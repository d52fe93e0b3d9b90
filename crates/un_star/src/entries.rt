//! The entries of the ports at a point.

ghost use Rattle.std.specs.Prelude.{◌≡◌, ◌==◌, Some, IfOk, map, filter, find};
ghost use Rattle.std.specs.Option.{option_copied};
ghost use Rattle.un_defs.specs.Features.{row as row_of};
ghost use Rattle.un_defs.specs.Star.{controller_at, is_containment, is_attachment};
ghost use Rattle.un_star.specs.Meet.{IsMeeting};
ghost use Rattle.un_star.specs.Entries.{permitted_among, attached_among, container_among, contents_among, structures_among, spot_here, spots_here};

use crate::links::ties_of;
use crate::meet::Meeting;
use crate::permit::permitted;
use std::alloc::{AllocError, Global};
use un_defs::order::rising;
use un_defs::{Assoc, AssocKind, Controller, Ids, Node, PackedSpot, Port, Row, Rows, Spot};

/// Of a row's associations the permitted ones by which it contains or is contained.
fn containments<R: Rows>(
    alloc: Global,
    rows: &R,
    assocs: &[Assoc],
) -> Result<Vec<Assoc>, AllocError>
    ensures { IfOk result (λ found. found.items
        ≡ permitted_among (R.features rows.now) is_containment assocs.now) }
{
    assocs
        .iter()
        .copied()
        .filter(|assoc| assoc.sort == AssocKind::Containment && permitted(rows, assoc))
        .collect(alloc)
}

/// Of a row's associations the permitted ones by which it is attached to a structure. What is attached to the row itself, which may be much,
/// is passed over before the rules are asked.
fn attachments<R: Rows>(
    alloc: Global,
    rows: &R,
    assocs: &[Assoc],
    id: u64,
) -> Result<Vec<Assoc>, AllocError>
    ensures { IfOk result (λ found. found.items ≡ attached_among (R.features rows.now) assocs.now id) }
{
    assocs
        .iter()
        .copied()
        .filter(|assoc| assoc.to.feature == id)
        .filter(|assoc| assoc.sort == AssocKind::Attachment && permitted(rows, assoc))
        .collect(alloc)
}

/// The first of the associations of which the row is the content.
fn containing(found: &[Assoc], id: u64) -> Option<&Assoc>
    ensures { option_copied result ≡ find (λ a. a.to.feature == id) found.now }
{
    found.iter().find(|assoc| assoc.to.feature == id)
}

/// The id of the container, 0 where there is none.
fn container(found: &[Assoc], id: u64) -> u64
    ensures { result ≡ container_among found.now id }
{
    match containing(found, id) {
        Some(assoc) => assoc.from.feature,
        None => 0,
    }
}

fn content_ids(alloc: Global, found: &[Assoc], id: u64) -> Result<Vec<u64>, AllocError>
    ensures { IfOk result (λ ids. ids.items
        ≡ map (λ a. a.to.feature) (filter (λ a. a.from.feature == id) found.now)) }
{
    found
        .iter()
        .filter(|assoc| assoc.from.feature == id)
        .map(|assoc| assoc.to.feature)
        .collect(alloc)
}

/// The ids of the contents, rising.
fn contents(alloc: Global, found: &[Assoc], id: u64) -> Result<Ids, AllocError>
    ensures { IfOk result (λ ids. ids ≡ contents_among found.now id) }
{
    let ids = content_ids(alloc, found, id)?;
    let ids = rising(alloc, ids.as_slice())?;
    Ok(Ids::new(ids))
}

fn structure_ids(alloc: Global, found: &[Assoc]) -> Result<Vec<u64>, AllocError>
    ensures { IfOk result (λ ids. ids.items ≡ map (λ a. a.from.feature) found.now) }
{
    found.iter().map(|assoc| assoc.from.feature).collect(alloc)
}

/// The ids of the structures to which the row is attached, rising.
fn structures<R: Rows>(
    alloc: Global,
    rows: &R,
    assocs: &[Assoc],
    id: u64,
) -> Result<Ids, AllocError>
    ensures { IfOk result (λ ids. ids
        ≡ structures_among (permitted_among (R.features rows.now) is_attachment assocs.now) id) }
{
    let found = attachments(alloc, rows, assocs, id)?;
    let ids = structure_ids(alloc, found.as_slice())?;
    let ids = rising(alloc, ids.as_slice())?;
    Ok(Ids::new(ids))
}

/// The controller on a port, in memory of its own.
fn controller<R: Rows>(
    alloc: Global,
    rows: &R,
    port: Port,
) -> Result<Option<Controller>, AllocError>
    ensures { IfOk result (λ controller. controller ≡ controller_at (R.features rows.now) port) }
{
    match rows.controller_at(port) {
        Some(controller) => {
            let subnet = controller.subnet.copy(alloc)?;
            Ok(Some(Controller {
                port: controller.port,
                tier: controller.tier,
                subnet,
            }))
        }
        None => Ok(None),
    }
}

/// The entry of a port of a row.
fn spot<R: Rows>(
    alloc: Global,
    rows: &R,
    meeting: &Meeting,
    port: Port,
    row: &Row,
) -> Result<PackedSpot, AllocError>
    requires meeting { IsMeeting (R.catalog rows.now) (R.features rows.now) meeting.now }
    requires row { row_of (R.features rows.now) port.feature ≡ Some row.now }
    ensures { IfOk result (λ spot. spot
        ≡ spot_here (R.catalog rows.now) (R.features rows.now) meeting.now.at port row.now) }
{
    let node = Node {
        port,
        at: meeting.at,
    };
    let assocs = rows.assocs_of(alloc, row.id)?;
    let ties = ties_of(alloc, rows, meeting, node, row, assocs.as_slice())?;
    let controller = controller(alloc, rows, port)?;
    let contained = containments(alloc, rows, assocs.as_slice())?;
    let contents = contents(alloc, contained.as_slice(), row.id)?;
    let structures = structures(alloc, rows, assocs.as_slice(), row.id)?;
    let spot = Spot {
        port,
        kind: row.kind,
        class: row.class,
        cats: rows.schema().cats(row.kind),
        attrs: row.attrs.copy(),
        ties,
        controller,
        container: container(contained.as_slice(), row.id),
        contents,
        structures,
    };
    let packed = PackedSpot::new(alloc, spot)?;
    Ok(packed)
}

/// The entries of the ports at a point, in their order.
pub(crate) fn spots_here<R: Rows>(
    alloc: Global,
    rows: &R,
    meeting: &Meeting,
) -> Result<Vec<PackedSpot>, AllocError>
    requires { IsMeeting (R.catalog rows.now) (R.features rows.now) meeting.now }
    ensures { IfOk result (λ spots. spots.items
        ≡ spots_here (R.catalog rows.now) (R.features rows.now) meeting.now.at) }
{
    let mut spots = Vec::with_capacity(alloc, meeting.standing.len())?;
    for one in &meeting.standing {
        let spot = spot(alloc, rows, meeting, one.port, one.row)?;
        spots.push(spot)?;
    }
    Ok(spots)
}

◆ ASSIGNED TASK:
Search the data for the word "items" and report how many lines include it, with the number alone.

◆ ANSWER FOR THIS EXERCISE:
5